The below code contains n, n2 and n running times. But still it is O(n2) complexity, because that is maximum.

//Overall Complexity of the code is O(n^2)
#include <bits/stdc++.h>

using namespace std;

int main()
{
    int n=3;
    for (int i = 1; i <= n; i++) //O(n)
        cout << "loop 1" << "\n";

    for (int i = 1; i <= n; i++) //O(n^2)
        for (int i = 1; i <= n; i++)
            cout << "programming9.com - nested loop" << "\n";

    for (int i = 1; i <= n; i++) //O(n)
        cout << "loop 2" << "\n";

}

Ex:

Bubble Sort Algorithm

Selection Sort Algorithm

Insertion Sort Algorithm

Quick Sort Worst Case complexity is O(n^2)

In some cases, the time complexity is based on multiple variables, the following code contains two different variables n and m.

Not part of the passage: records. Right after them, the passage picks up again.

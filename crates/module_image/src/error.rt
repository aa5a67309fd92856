//! Why a file is no image.
ghost use Rattle.std.specs.Prelude.{◌≡◌};
ghost use Rattle.module_image.specs.Refusal.{number_of, value_of};

use thiserror::Error;

/// The refusal of the first field that fails. Places count bytes from the file's front.
#[derive(Clone, Copy, Debug, PartialEq, Eq, Error)]
pub enum ImageError {
    /// The file ends before the last byte of a field. The value is the file's length.
    #[error("the file ends after {0} bytes, inside a field")]
    Short(u32),
    /// The file doesn't begin with `SOSM`.
    #[error("the file is no image")]
    Magic,
    /// The format's version is neither 1 nor 2. The value is the version.
    #[error("version {0} of the format is unknown")]
    Version(u8),
    /// A field breaks its rule. The value is the place of its first byte.
    #[error("the field at byte {0} breaks its rule")]
    Field(u32),
    /// Bytes follow the last field. The value is the place of the first of them.
    #[error("the image ends before byte {0}")]
    Long(u32),
}

impl ImageError {
    /// The number of its kind, from 1 to 5.
    pub fn number(&self) -> u8
        ensures { result ≡ number_of self.now }
    {
        match self {
            ImageError::Short(_) => 1,
            ImageError::Magic => 2,
            ImageError::Version(_) => 3,
            ImageError::Field(_) => 4,
            ImageError::Long(_) => 5,
        }
    }

    /// Its place or its version, and 0 where it has none.
    pub fn value(&self) -> u32
        ensures { result ≡ value_of self.now }
    {
        match *self {
            ImageError::Short(at) | ImageError::Field(at) | ImageError::Long(at) => at,
            ImageError::Version(version) => version.into(),
            ImageError::Magic => 0,
        }
    }
}
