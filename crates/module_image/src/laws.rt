//! Laws of the definitions.
ghost use Rattle.std.specs.Prelude.{◌≡◌, ◌↔◌, ℕ, List, length, Ok, Err};
ghost use Rattle.module_image.specs.declared.error.ImageError.TheVariants.{Short, Magic, Version, Field, Long};
ghost use Rattle.module_image.specs.Contents.{Contents};
ghost use Rattle.module_image.specs.Spelling.{Image};
ghost use Rattle.module_image.specs.Reading.{image_of};
ghost use Rattle.module_image.specs.Laws.{BreaksAt, EndsBefore, HasOtherVersion, IsOther};

/// A file spells at most one image, and reading gives its contents: so `parse` of what `write_image` or `write_image2`
/// wrote gives the values that were written.
pub fn one_reading()
    ensures read { (file : List ℕ) (c : Contents) → Image file c → image_of file ≡ Ok c }
    ensures one { (file : List ℕ) (a b : Contents) → Image file a → Image file b → a ≡ b }
{}

/// Each refusal by the bytes: which field it names, and that nothing behind that field has to do with it.
pub fn refusals_by_the_bytes()
    ensures short { (file : List ℕ) (at : ℕ) → image_of file ≡ Err (Short at) → at ≡ length file }
    ensures magic { (file : List ℕ) → (image_of file ≡ Err Magic) ↔ IsOther file }
    ensures version { (file : List ℕ) (v : ℕ) → (image_of file ≡ Err (Version v)) ↔ HasOtherVersion file v }
    ensures field { (file : List ℕ) (at : ℕ) → image_of file ≡ Err (Field at) → BreaksAt file at }
    ensures long { (file : List ℕ) (at : ℕ) → image_of file ≡ Err (Long at) → EndsBefore file at }
{}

So the complexity is O(nm).

#include <bits/stdc++.h>

using namespace std;

int main()
{
    int n=3, m=2;
    for (int i = 1; i <= n; i++) //O(nm)
        for (int i = 1; i <= m; i++)
            cout << "programming9.com - nested loop" << "\n";
}

O(n^3) – A Cubic complexity

In quadratic algorithm, we used two nested loops. In cubic algorithm we use three nested loops.

#include <bits/stdc++.h>

using namespace std;

int main()
{
    int n=2;
    for (int i = 1; i <= n; i++) //O(n^3) time complexity
        for (int j = 1; j <= n; j++)
            for (int k = 1; k <= n; k++)
                cout << "programming9.com - This line prints 8 times" << "\n";
}

O(1), O(log n), O(n), O(n log n), O(n²), O(n³) all the complexities are polynomials.

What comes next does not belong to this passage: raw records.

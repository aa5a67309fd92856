//! Writers that take little, nothing, or fail, and the standard output.

use super::{WriterSink, write_whole};
use mote_base::{Failed, Sink};
use std::io;
use std::io::{ErrorKind, Write};
use std::test::Fail;

/// What a write does.
#[derive(Clone, Copy)]
enum Turn {
    /// It takes so many bytes at most.
    Takes(usize),
    Interrupted,
    Fails,
}

/// A writer that does these turns one after the other, and then takes all.
#[derive(Drop)]
struct Pipe {
    turns: &'static [Turn],
    taken: Vec<u8>,
}

impl Pipe {
    fn next_turn(&mut self) -> Turn {
        match self.turns {
            [] => Turn::Takes(usize::MAX),
            [turn, turns @ ..] => {
                self.turns = turns;
                *turn
            }
        }
    }
}

impl Write for Pipe {
    fn write(&mut self, piece: &[u8]) -> io::Result<usize> {
        match self.next_turn() {
            Turn::Takes(most) => {
                let count = piece.len().min(most);
                self.taken.extend_from_slice(&piece[..count])?;
                Ok(count)
            }
            Turn::Interrupted => Err(io::Error::from(ErrorKind::Interrupted)),
            Turn::Fails => Err(io::Error::from(ErrorKind::Other)),
        }
    }

    fn flush(&mut self) -> io::Result<()> {
        Ok(())
    }
}

/// The turns of a writer to which `0123456` is written, whether all went out, and the bytes that did.
const ROWS: &[(&[Turn], Result<(), Failed>, &str)] = &[
    (&[], Ok(()), "0123456"),
    (&[Turn::Takes(3), Turn::Takes(3)], Ok(()), "0123456"),
    (&[Turn::Takes(3), Turn::Interrupted], Ok(()), "0123456"),
    (&[Turn::Takes(0)], Err(Failed), ""),
    (&[Turn::Takes(3), Turn::Takes(0)], Err(Failed), "012"),
    (&[Turn::Takes(3), Turn::Fails], Err(Failed), "012"),
];

#[test]
fn pieces_go_out_whole_or_the_put_fails(rt: HostRuntime) {
    for (turns, answer, taken) in ROWS {
        let mut pipe = Pipe {
            turns,
            taken: Vec::new(rt.alloc()),
        };
        assert_eq!(rt; write_whole(&mut pipe, b"0123456"), *answer);
        assert!(rt; *pipe.taken.as_slice() == *taken.as_bytes());
    }
}

#[test]
fn the_standard_output_takes_a_piece(rt: HostRuntime) -> Result<(), Fail> {
    let mut out = WriterSink::new(rt.stdout());
    out.put(b"edge\n")?;
    Ok(())
}
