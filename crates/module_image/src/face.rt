//! What a module shows to others: its id, and the functions that it provides and subscribes to.
ghost use Rattle.std.specs.Prelude.{◌≡◌};

use arrayvec::ArrayVec;
use mote_layout::{PROVIDED, SUBSCRIBED};

/// A function that a module provides.
#[derive(Clone, Copy, Debug, Default, PartialEq, Eq)]
pub struct Provided {
    /// The function's id within the module.
    pub func: u8,
    /// The types of its result and arguments, as four printable characters.
    pub proto: [u8; 4],
    /// The index of the code word at which it begins.
    pub word: u16,
}

/// A function of another module that a module calls.
#[derive(Clone, Copy, Debug, Default, PartialEq, Eq)]
pub struct Subscribed {
    /// The id of the module that is to provide it.
    pub module: u8,
    pub func: u8,
    pub proto: [u8; 4],
}

/// What a module shows to others.
#[derive(Debug, Drop)]
pub struct Face {
    /// The module's id, from 1 to 254.
    pub id: u8,
    /// By rising function ids.
    pub provided: ArrayVec<Provided, PROVIDED>,
    pub subscribed: ArrayVec<Subscribed, SUBSCRIBED>,
}

impl Face {
    /// The same face once more. It takes no memory.
    pub fn copied(&self) -> Face
        ensures { result ≡ self.now }
    {
        Face {
            id: self.id,
            provided: copied(&self.provided),
            subscribed: copied(&self.subscribed),
        }
    }
}

fn copied<T: Copy + Default + Drop, const N: usize>(items: &ArrayVec<T, N>) -> ArrayVec<T, N>
    ensures { result.items ≡ items.now.items }
{
    let mut copy = ArrayVec::new();
    for item in items.as_slice() {
        copy.push(*item);
    }
    copy
}
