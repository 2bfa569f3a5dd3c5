ghost use Rattle.std.specs.Prelude.{◌≡◌};
ghost use Rattle.script_session.specs.Judged.{IsJudged};

use crate::Session;
use std::marker::Model;

/// A session that was judged: its interfaces and its node are there, rules and arguments fit their functions, numbers are in their
/// ranges, and requests are within the limit of a packet.
#[derive(Drop)]
pub struct Loaded {
    session: Session,
}

impl Model for Loaded {
    ghost use Rattle.std.specs.Coded.{codes};
    ghost use Rattle.script_session.specs.Judged.{IsJudged};
    ghost use Rattle.script_session.specs.declared.session.Session.{Session};
    ghost use Rattle.tars_model.specs.contracts.ty.Ty as ty;
    ghost use Rattle.tars_model.specs.contracts.value.Value as value;

    ghost Value = { Session };

    ghost coded = { Prim.hlevel (codes, ty.the_row.coded, value.the_row.coded) };

    ghost view = { λ l. l.session };

    ghost invariant = { λ l. IsJudged l.session };
}

impl Loaded {
    pub fn new(session: Session) -> Loaded
        requires judged { IsJudged session }
        ensures { result ≡ session }
    {
        Loaded { session }
    }

    pub fn session(&self) -> &Session
        ensures value { result.now ≡ self.now }
        ensures judged { IsJudged self.now }
    {
        &self.session
    }
}
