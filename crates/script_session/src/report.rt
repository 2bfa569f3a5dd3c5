use crate::LinkLog;
use tars_decode::Refuse;
use tars_model::{List, Value};

/// The id under which a call's request is sent and its reply comes back.
#[derive(Clone, Copy, PartialEq, Eq)]
pub struct CallId(pub u32);

/// What was known of a node when it was chosen.
#[derive(Clone, Copy, PartialEq, Eq)]
pub enum Why {
    Live,
}

/// The node that was chosen for a call, from 1.
#[derive(Clone, Copy, PartialEq, Eq)]
pub struct PickNote {
    pub node: u32,
    pub why: Why,
}

/// Why a call was not sent.
#[derive(Clone, Copy, PartialEq, Eq)]
pub enum Refusal {
    /// As many calls of the line as its width were in flight.
    Full,
    /// The session was closed; with the word of the call table that told so.
    Closed { word: u64 },
}

/// The one outcome of a call. Links and packets are numbered from 1.
#[derive(Drop)]
pub enum End {
    /// The values that the reply has, whose return code is 0.
    Value {
        link: u32,
        packet: u64,
        values: List<Value>,
    },
    /// The reply's return code, which is not 0.
    Code {
        link: u32,
        packet: u64,
        code: i32,
    },
    /// The values of the reply, whose return code is 0, do not read.
    Undecoded {
        link: u32,
        packet: u64,
        refuse: Refuse,
    },
    /// The close found the call open.
    Closed,
    Refused(Refusal),
}

/// The row of a scripted call.
#[derive(Drop)]
pub struct Row {
    pub call: u32,
    pub line: u32,
    pub func: u32,
    pub two_way: bool,
    /// None where the call was refused before a node was chosen.
    pub pick: Option<PickNote>,
    /// None where the call was refused.
    pub id: Option<CallId>,
    pub end: End,
}

/// What the router did.
#[derive(Clone, Copy, PartialEq, Eq)]
pub enum RouteStep {
    Picked {
        call: u32,
        node: u32,
        why: Why,
        moment: u32,
        key: u64,
    },
    /// What came of a pick.
    Reported {
        call: u32,
        node: u32,
        stamp: u64,
        ok: bool,
        moment: u32,
    },
}

/// What happened in a session: a row per scripted call in order, a log per node in order, and the
/// steps of the router.
#[derive(Drop)]
pub struct Report {
    pub calls: List<Row>,
    pub links: List<LinkLog>,
    pub routes: List<RouteStep>,
}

O(2^n) – Subset of input elements.

The algorithm must run through all possible subsets of given input.

Ex:

{A, B, C} – possibilities of subsets are 2^3

{ }, {A}, {B}, {C}, {A,B}, {A, C}, {B,C}, {A,B,C}

{1,2,3,4} – Possibilities of subsets are 2^4

{ }, {1}, {2},{3},{4},{1,2},{1,3},{1,4},{2,3},{2,4},{3,4},{1,2,3},{1,2,4},{1,3,4},{2,3,4},{1,2,3,4}

O(n!) – Factorial complexity

All permutations of input elements.

If given input is {1,2,3}

The permutations are: (1,2,3), (1,3,2), (2,1,3), (2,3,1), (3,1,2), (3,2,1)

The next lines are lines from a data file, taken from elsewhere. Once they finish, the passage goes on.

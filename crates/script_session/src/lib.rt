//! What a session is: a script with the interfaces of both sides (`Session`; `Loaded` where it was judged), and what happened in it
//! (`Report`).
//!
//! Read `specs/Sessions.antt` first, which says what parts a session has and what its node replies, then `specs/Judged.antt`, which
//! says what is judged of it.
#![tactic(auto)]

mod link_log;
mod loaded;
mod report;
mod session;
mod words;

pub use link_log::{Cut, GotFate, GotRow, LinkLog, SentRow};
pub use loaded::Loaded;
pub use report::{CallId, End, PickNote, Refusal, Report, RouteStep, Row, Why};
pub use session::{CallSpec, Endpoint, Event, FuncRule, ObjectName, Session};
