use crate::CallId;
use tars_model::{Bytes8, List};

/// A frame that was sent, with the number of its call.
#[derive(Drop)]
pub struct SentRow {
    pub call: u32,
    pub frame: Bytes8,
}

/// What became of a packet that was received.
#[derive(Clone, Copy, PartialEq, Eq)]
pub enum GotFate {
    /// It settled the call with this id.
    Used { id: CallId },
    /// Its call was settled before; with the word of the call table that told so.
    Late { word: u64 },
}

/// A packet that was received.
#[derive(Drop)]
pub struct GotRow {
    pub packet: Bytes8,
    pub fate: GotFate,
}

/// Why nothing more passes on a link.
#[derive(Clone, Copy, PartialEq, Eq)]
pub enum Cut {
    /// It could not be read or written.
    Failed,
    /// It ended.
    Ended,
    /// The bytes at this offset give a length that no packet has.
    Length { at: u64, length: u32 },
    /// A packet is no response.
    Response,
    /// It was cut before.
    Down,
}

/// What passed on the link to a node.
#[derive(Drop)]
pub struct LinkLog {
    pub node: u32,
    pub sent: List<SentRow>,
    /// What was written of a frame that was not written whole.
    pub torn: Bytes8,
    pub got: List<GotRow>,
    /// What was read after the last whole packet.
    pub rest: Bytes8,
    /// Why it was cut, if it was.
    pub cut: Option<Cut>,
}
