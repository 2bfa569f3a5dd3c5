//! How the parts of a report print.

ghost use Rattle.std.specs.Prelude.{◌≡◌, Some};
ghost use Rattle.script_session.specs.ReportWords.{why_text, refusal_text};

use crate::{Refusal, Why};
use std::fmt;

impl fmt::Display for Why {
    ghost output = { λ why. Some (why_text why) };

    fn fmt<W: fmt::Write>(&self, f: &mut fmt::Formatter<W>) -> fmt::Result {
        match self {
            Why::Live => f.write_str("live"),
        }
    }
}

impl fmt::Display for Refusal {
    ghost output = { λ refusal. Some (refusal_text refusal) };

    fn fmt<W: fmt::Write>(&self, f: &mut fmt::Formatter<W>) -> fmt::Result {
        match self {
            Refusal::Full => f.write_str("full"),
            Refusal::Closed { .. } => f.write_str("closed"),
        }
    }
}
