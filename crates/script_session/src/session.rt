use servant_core::Rule;
use tars_model::{List, Name, Schema, Value};

/// A node of an object: where it listens, and how long a call to it may take.
#[derive(Drop)]
pub struct Endpoint {
    pub host: Name,
    pub port: u16,
    /// Milliseconds.
    pub timeout: u32,
}

/// An object: its id `APP.SERVER.OBJ`, and its nodes in the order of the script.
#[derive(Drop)]
pub struct ObjectName {
    pub id: Name,
    pub nodes: List<Endpoint>,
}

/// How the servant replies to the calls of a function, which goes by its number in the server's interface.
#[derive(Drop)]
pub struct FuncRule {
    pub func: u32,
    pub rule: Rule,
}

/// A scripted call.
#[derive(Drop)]
pub struct CallSpec {
    /// The call's number in the script, from 1.
    pub call: u32,
    /// The caller's line, from 1.
    pub line: u32,
    /// The function's number in the client's interface, from 0.
    pub func: u32,
    /// Whether it waits for a reply.
    pub two_way: bool,
    /// Whether its line goes on before the reply has come.
    pub begin: bool,
    /// What nodes are chosen by.
    pub key: u64,
    pub args: List<Value>,
}

/// What happens next in a script (docs/SCRIPTS.md, "Events").
#[derive(Drop)]
pub enum Event {
    Call(CallSpec),
    /// The node reads so many of the bytes that wait, or all of them.
    Serve { node: u32, bytes: Option<u32> },
    /// The node answers its first request.
    Work { node: u32 },
    /// The caller reads so many of the bytes that wait of the node, or all of them.
    Deliver { node: u32, bytes: Option<u32> },
    Close,
}

/// A script with the interfaces of both sides.
#[derive(Drop)]
pub struct Session {
    /// What the caller's interface file declares.
    pub client: Schema,
    /// The number of the interface that the calls go to.
    pub client_interface: u32,
    /// What the server's interface file declares, which may be the caller's own.
    pub server: Schema,
    pub server_interface: u32,
    pub object: ObjectName,
    pub rules: List<FuncRule>,
    /// How many requests a node's queue holds.
    pub queue: u32,
    /// How long a request may wait there, in milliseconds.
    pub queue_timeout: u32,
    pub events: List<Event>,
}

Within that short duration, if input elements are less than 10, we can choose non-polynomial algorithms.

If Input size is a lot bigger, we don’t have any other choice except to solve the problem using O(1) or O(n log n) or O(n).

If you use any other algorithm with O(n2) or more, you will face Time Limit Exceeded.

The following table shows the basic idea about the number of elements and associated time complexity. You have a big input size with 5000 elements, you are writing your code with O(n³) complexity. It is of no use, you will get time limit exceeded error even though your logic is correct.

Better to find optimized algorithms for the same problems. Definitely we have various solutions for same problem.